═════ DATA RECORDS ═════

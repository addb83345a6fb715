//! A stream that gathers small writes.
ghost use Rattle.std.specs.Prelude.{◌≡◌, ◌==◌, ◌≤◌, [], length, take, drop, OnOk};
ghost use Rattle.std.specs.Io.KnownBytes.{Keeps, Appends};
ghost use Rattle.cf_wire.specs.Gathered.{written};

use std::alloc::Global;
use std::io::{ErrorKind, Read, Write};
use std::marker::Model;
use std::{io, mem};

/// A stream whose writes wait until it is drained, so that a turn's messages go out by one write. A write while `limit` bytes
/// or more wait drains it first. A flush does nothing, and a read is one of the stream.
#[derive(Drop)]
pub struct Gather<S> {
    stream: S,
    waiting: Vec<u8>,
    limit: usize,
}

impl<S> Model for Gather<S> {
    ghost use Rattle.cf_wire.specs.Gathered.{Gathered, gathered_code};

    ghost Value = { Gathered S };

    ghost coded = { gathered_code S.code };

    ghost view = { λ g. record { stream = g.stream; waiting = g.waiting.items; limit = g.limit } };
}

impl<S> Gather<S> {
    /// Nothing waits. It takes no memory.
    pub fn new(alloc: Global, stream: S, limit: usize) -> Gather<S>
        ensures { result ≡ record { stream = stream; waiting = []; limit = limit } }
    {
        Gather {
            stream,
            waiting: Vec::new(alloc),
            limit,
        }
    }

    /// Whether nothing waits.
    pub fn is_drained(&self) -> bool
        ensures { result ≡ (length self.now.waiting == 0) }
    {
        self.waiting.is_empty()
    }

    /// The stream behind it.
    pub fn stream(&self) -> &S
        ensures { result.now ≡ self.now.stream }
    {
        &self.stream
    }

    /// Exchanges the buffer of what waits for one that others share, if both are empty, so that a quiet stream keeps none.
    pub fn lend(&mut self, buffer: &mut Vec<u8>)
        ensures same { self.new ≡ self.old }
        ensures buffer { buffer.new.items ≡ buffer.old.items }
    {
        if self.is_drained() && buffer.is_empty() {
            mem::swap(&mut self.waiting, buffer);
        }
    }

    /// The stream behind it, to be changed.
    pub fn stream_mut(&mut self) -> &mut S {
        &mut self.stream
    }
}

impl<S: Write> Gather<S> {
    /// Writes what waits, in order. If a write of the stream fails or would block, what it didn't take waits on.
    pub fn drain(&mut self) -> io::Result<()>
        ensures bytes { Keeps (written S.contents self.old) (written S.contents self.new) }
        ensures empty { OnOk result (self.new.waiting ≡ []) }
        ensures limit { self.new.limit ≡ self.old.limit }
    {
        let (count, result) = write_all_of(&mut self.stream, self.waiting.as_slice());
        remove_front(&mut self.waiting, count);
        result
    }
}

/// Writes until all is written or a write fails, and says how many bytes were.
pub(crate) fn write_all_of<S: Write>(stream: &mut S, bytes: &[u8]) -> (usize, io::Result<()>)
    ensures bound { result.0 ≤ length bytes.now }
    ensures all { OnOk result.1 (result.0 ≡ length bytes.now) }
    ensures bytes { Appends (S.contents stream.old) (S.contents stream.new)
        (take result.0 bytes.now) }
{
    let mut count = 0;
    while count < bytes.len() {
        match stream.write(&bytes[count..]) {
            Ok(0) => return (count, Err(io::Error::from(ErrorKind::WriteZero))),
            Ok(n) => count += n,
            Err(error) => return (count, Err(error)),
        }
    }
    (count, Ok(()))
}

/// The first bytes go.
fn remove_front(bytes: &mut Vec<u8>, count: usize)
    requires { count ≤ length bytes.old.items }
    ensures { bytes.new.items ≡ drop count bytes.old.items }
{
    let len = bytes.len();
    bytes.as_mut_slice().copy_within(count..len, 0);
    bytes.truncate(len - count);
}

impl<S: Read> Read for Gather<S> {
    ghost remaining = { λ g. S.remaining g.stream };

    fn read(&mut self, buf: &mut [u8]) -> io::Result<usize> {
        self.stream.read(buf)
    }
}

impl<S: Write> Write for Gather<S> {
    ghost contents = { written S.contents };

    fn write(&mut self, buf: &[u8]) -> io::Result<usize> {
        if self.waiting.len() >= self.limit {
            self.drain()?;
        }
        self.waiting.extend_from_slice(buf)?;
        Ok(buf.len())
    }

    fn flush(&mut self) -> io::Result<()> {
        Ok(())
    }
}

═════

- _ABOUT THIS TASK_
Once you have read the data, copy all of it out exactly.

- _TASK OUTPUT_
repository addb83345a6fb715
//! A stream that gathers small writes.
ghost use Rattle.std.specs.Prelude.{◌≡◌, ◌==◌, ◌≤◌, [], length, take, drop, OnOk};
ghost use Rattle.std.specs.Io.KnownBytes.{Keeps, Appends};
ghost use Rattle.cf_wire.specs.Gathered.{written};

use std::alloc::Global;
use std::io::{ErrorKind, Read, Write};
use std::marker::Model;
use std::{io, mem};

/// A stream whose writes wait until it is drained, so that a turn's messages go out by one write. A write while `limit` bytes
/// or more wait drains it first. A flush does nothing, and a read is one of the stream.
#[derive(Drop)]
pub struct Gather<S> {
    stream: S,
    waiting: Vec<u8>,
    limit: usize,
}

impl<S> Model for Gather<S> {
    ghost use Rattle.cf_wire.specs.Gathered.{Gathered, gathered_code};

    ghost Value = { Gathered S };

    ghost coded = { gathered_code S.code };

    ghost view = { λ g. record { stream = g.stream; waiting = g.waiting.items; limit = g.limit } };
}

impl<S> Gather<S> {
    /// Nothing waits. It takes no memory.
    pub fn new(alloc: Global, stream: S, limit: usize) -> Gather<S>
        ensures { result ≡ record { stream = stream; waiting = []; limit = limit } }
    {
        Gather {
            stream,
            waiting: Vec::new(alloc),
            limit,
        }
    }

    /// Whether nothing waits.
    pub fn is_drained(&self) -> bool
        ensures { result ≡ (length self.now.waiting == 0) }
    {
        self.waiting.is_empty()
    }

    /// The stream behind it.
    pub fn stream(&self) -> &S
        ensures { result.now ≡ self.now.stream }
    {
        &self.stream
    }

    /// Exchanges the buffer of what waits for one that others share, if both are empty, so that a quiet stream keeps none.
    pub fn lend(&mut self, buffer: &mut Vec<u8>)
        ensures same { self.new ≡ self.old }
        ensures buffer { buffer.new.items ≡ buffer.old.items }
    {
        if self.is_drained() && buffer.is_empty() {
            mem::swap(&mut self.waiting, buffer);
        }
    }

    /// The stream behind it, to be changed.
    pub fn stream_mut(&mut self) -> &mut S {
        &mut self.stream
    }
}

impl<S: Write> Gather<S> {
    /// Writes what waits, in order. If a write of the stream fails or would block, what it didn't take waits on.
    pub fn drain(&mut self) -> io::Result<()>
        ensures bytes { Keeps (written S.contents self.old) (written S.contents self.new) }
        ensures empty { OnOk result (self.new.waiting ≡ []) }
        ensures limit { self.new.limit ≡ self.old.limit }
    {
        let (count, result) = write_all_of(&mut self.stream, self.waiting.as_slice());
        remove_front(&mut self.waiting, count);
        result
    }
}

/// Writes until all is written or a write fails, and says how many bytes were.
pub(crate) fn write_all_of<S: Write>(stream: &mut S, bytes: &[u8]) -> (usize, io::Result<()>)
    ensures bound { result.0 ≤ length bytes.now }
    ensures all { OnOk result.1 (result.0 ≡ length bytes.now) }
    ensures bytes { Appends (S.contents stream.old) (S.contents stream.new)
        (take result.0 bytes.now) }
{
    let mut count = 0;
    while count < bytes.len() {
        match stream.write(&bytes[count..]) {
            Ok(0) => return (count, Err(io::Error::from(ErrorKind::WriteZero))),
            Ok(n) => count += n,
            Err(error) => return (count, Err(error)),
        }
    }
    (count, Ok(()))
}

/// The first bytes go.
fn remove_front(bytes: &mut Vec<u8>, count: usize)
    requires { count ≤ length bytes.old.items }
    ensures { bytes.new.items ≡ drop count bytes.old.items }
{
    let len = bytes.len();
    bytes.as_mut_slice().copy_within(count..len, 0);
    bytes.truncate(len - count);
}

impl<S: Read> Read for Gather<S> {
    ghost remaining = { λ g. S.remaining g.stream };

    fn read(&mut self, buf: &mut [u8]) -> io::Result<usize> {
        self.stream.read(buf)
    }
}

impl<S: Write> Write for Gather<S> {
    ghost contents = { written S.contents };

    fn write(&mut self, buf: &[u8]) -> io::Result<usize> {
        if self.waiting.len() >= self.limit {
            self.drain()?;
        }
        self.waiting.extend_from_slice(buf)?;
        Ok(buf.len())
    }

    fn flush(&mut self) -> io::Result<()> {
        Ok(())
    }
}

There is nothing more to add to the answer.